Background
T cell cytotoxicity plays a crucial role in defending against cancer. It is traditionally assessed by endpoint assays with non-microscopic appliance, thus lacking temporal and visual insights into middle time ranges that live-cell imaging offers. However, conventional live-cell imaging falls short in data scale due to limited replicates per condition. Combining micro-structured slides with live-cell imaging addresses these issues. Multiple cell adhesion patterns enable independent progression of killing processes, providing multiplicates of T cell-mediated killing events in one experiment. Handling the high data volume manually can be cumbersome and biased, calling for an objective means of data processing. We were analyzing two cytotoxic T cells with different avidities as determined by IFN- release, but failed to clearly differentiate killing capacities using chromium release assay. Therefore, we asked if micro-pattern and AI-assisted analysis could resolve differences in killing.
Materials and Methods
Human primary T cells were transduced with T cell receptors of different avidities for the same peptide/MHC complex (T58, D115). D115-T cells were additionally engineered to express chimeric costimulatory switch proteins (CSPs). These CSPs were created by linking the extracellular domain of PD-1 with an intracellular costimulatory domain of CD28 or 4-1BB. Functional T cell avidities were defined by IFN- release after co-culture with SkMel23 melanoma cells. Live-cell imaging used micro-patterned µ-Slides 8-Well (ibidi). T cells and tumor cells were used label-free to avoid potential effects on killing processes. Data analysis employed Cellpose, an AI-powered cellular segmentation tool with human-in-the-loop features. Manual quality control and correction, if needed, adopted the interactive tool we built with Python and Jupyter Notebook. R was used to interpret the formatted data.
Results
We acquired time series of tumor cell/T cell co-cultures on micro-patterned µ-Slides 8-Well. Cellpose was trained to precisely enclose label-free tumor cell patches formed on the micro-structures. The segmentation was integrated into an automated workflow, whereby the AI automation recognized the outline of tumor cell patches on the micro-structures in sequential time frames and was able to follow each patch over time even if its confluency changed. Applying the live-cell imaging set-up with micro-structured slides together with AI-powered analysis, we were able to resolve different dynamics of confluency changes for high and low avidity T cells indicating different killing behaviors. The automation is now applied to evaluate killing efficacies of T cells with CSP expression and T cells exposed to various components of the tumor microenvironment.
Conclusions
Micro-patterns provide standardized cell patches and, hence, high multiplicity within one experiment for statistical robustness. Pattern confluency is reliably measured with trained AI software allowing for processing of high-throughput live-cell imaging data which is essential for selecting T cell variants which best perform in given conditions like the complex tumor microenvironment.
Support
JC is funded by China Scholarship Council (No. 202306380076), AF, EN, MS and DR by ZIM/AppMic, and AH by Phio Pharmaceuticals.
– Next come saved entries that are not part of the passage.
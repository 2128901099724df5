//! What is found of worked choices, which the check accepts.
ghost use Rattle.rp_orders.specs.OrderMixtures.{AreUnitsOf};

use crate::menus::cases::{Asked, assert_told};
use crate::menus::evidence::menus_of;
use crate::menus::given::push;
use rp_evidence::Share;
use rp_menu::Menus;
use rp_orders::{MenuPart, check_menu, menus};
use rp_patch::apportionment::Units;
use std::alloc::{AllocError, Global};
use std::process::Abort;
use std::test::Fail;

/// An order, by its letters from 0, and its weight.
fn push_part(alloc: Global, text: &mut String, part: &Share) -> Result<(), AllocError> {
    text.push_str(", part")?;
    for letter in part.patches.as_slice() {
        push(alloc, text, " ", u64::from(*letter))?;
    }
    push(alloc, text, " weight ", part.weight)
}

/// Each order and its weight.
fn push_parts(alloc: Global, text: &mut String, parts: &[Share]) -> Result<(), AllocError> {
    for part in parts {
        push_part(alloc, text, part)?;
    }
    Ok(())
}

/// The weight of each cell.
fn push_weights(alloc: Global, text: &mut String, weights: &[u64]) -> Result<(), AllocError> {
    text.push_str(", weights")?;
    for weight in weights {
        push(alloc, text, " ", *weight)?;
    }
    Ok(())
}

/// The evidence in words.
fn push_evidence(alloc: Global, text: &mut String, part: &MenuPart) -> Result<(), AllocError> {
    match part {
        MenuPart::Mixture { den, parts } => {
            push(alloc, text, "mixture over ", *den)?;
            push_parts(alloc, text, parts.as_slice())
        }
        MenuPart::Violated {
            den,
            parts,
            weights,
        } => {
            push(alloc, text, "violated over ", *den)?;
            push_weights(alloc, text, weights.as_slice())?;
            push_parts(alloc, text, parts.as_slice())
        }
        MenuPart::Wide { step } => push(alloc, text, "withheld ", *step),
    }
}

/// The evidence in words.
fn told(alloc: Global, part: &MenuPart) -> Result<String, Fail> {
    let mut text = String::new(alloc);
    push_evidence(alloc, &mut text, part)?;
    Ok(text)
}

/// What is found of choices, or that it is rejected.
fn found_of(alloc: Global, seen: &Menus, units: &Units) -> Result<String, Fail>
    requires { AreUnitsOf seen.now units.now }
{
    let part = menus(alloc, seen, units)?;
    if !check_menu(seen, units, &part) {
        return Ok(String::from_str(alloc, "rejected")?);
    }
    told(alloc, &part)
}

/// What is found of a file, or that it is rejected.
pub(crate) fn found(
    rt: &impl Abort,
    alloc: Global,
    file: &str,
    unit: Option<u32>,
) -> Result<String, Fail> {
    let (seen, units) = menus_of(rt, alloc, file, unit)?;
    found_of(alloc, &seen, &units)
}

/// Two letters; one letter alone; and orders that are left out.
const FEW_LETTERS: &[(&str, &str)] = &[
    (
        "menu,choice,n\nab,a,1\nab,b,2\n",
        "mixture over 1, part 0 1 weight 1, part 1 0 weight 2",
    ),
    ("menu,choice,n\na,a,3\n", "mixture over 1, part 0 weight 3"),
    // the one order that picks a and b
    (
        "menu,choice,n\nab,a,1\nbc,b,1\n",
        "mixture over 1, part 0 1 2 weight 1",
    ),
];

/// Two letters with units that are asked: 33 and a third, and 66 and two thirds.
const A_HUNDRED_UNITS: &[(&str, &str)] = &[(
    "menu,choice,n\nab,a,1\nab,b,2\n",
    "mixture over 1, part 0 1 weight 33, part 1 0 weight 67",
)];

#[test]
fn few_letters(rt: HostRuntime) -> Result<(), Fail> {
    assert_told(&rt, rt.alloc(), Asked::Found(None), FEW_LETTERS)?;
    assert_told(&rt, rt.alloc(), Asked::Found(Some(100)), A_HUNDRED_UNITS)
}

/// All menus of three letters: the orders a b c once, b c a twice and c a b three times make the first choices, and
/// for three letters there is no other mixture. And choices that no mixture makes: of b in the place of a, on the
/// smaller menu alone; and round a circle, where no order picks a cell from every menu.
const THREE_LETTERS: &[(&str, &str)] = &[
    (
        "menu,choice,n\nab,a,4\nab,b,2\nac,a,1\nac,c,5\nbc,b,3\nbc,c,3\nabc,a,1\nabc,b,2\nabc,c,3\n",
        "mixture over 1, part 0 1 2 weight 1, part 1 2 0 weight 2, part 2 0 1 weight 3",
    ),
    // b is picked before a, and a before c; b has one half of what is picked of all three
    (
        "menu,choice,n\nab,b,2\nac,a,2\nbc,b,2\nabc,a,1\nabc,b,1\n",
        "violated over 1, weights 0 0 0 0 1, part 1 0 2 weight 1",
    ),
    (
        "menu,choice,n\nabc,a,1\nabc,b,1\nab,b,2\n",
        "violated over 1, weights 0 1 0, part 1 0 2 weight 1",
    ),
    (
        "menu,choice,n\nab,a,1\nbc,b,1\nac,c,1\n",
        "violated over 1, weights 0 0 0",
    ),
];

#[test]
fn three_letters(rt: HostRuntime) -> Result<(), Fail> {
    assert_told(&rt, rt.alloc(), Asked::Found(None), THREE_LETTERS)
}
J. Cao: None. W. Xu: None. A.J. Fischbeck: None. A.S. Herbstritt: C. Other Research Support (supplies, equipment, receipt of drugs or other in-kind support); Significant; Phio Pharmaceuticals. S. Prins: None. J. Rädler: None. E. Noessner: None. M. Seiwald: A. Employment (full or part-time); Significant; ibidi GmbH. D. Rüdiger: A. Employment (full or part-time); Significant; ibidi GmbH.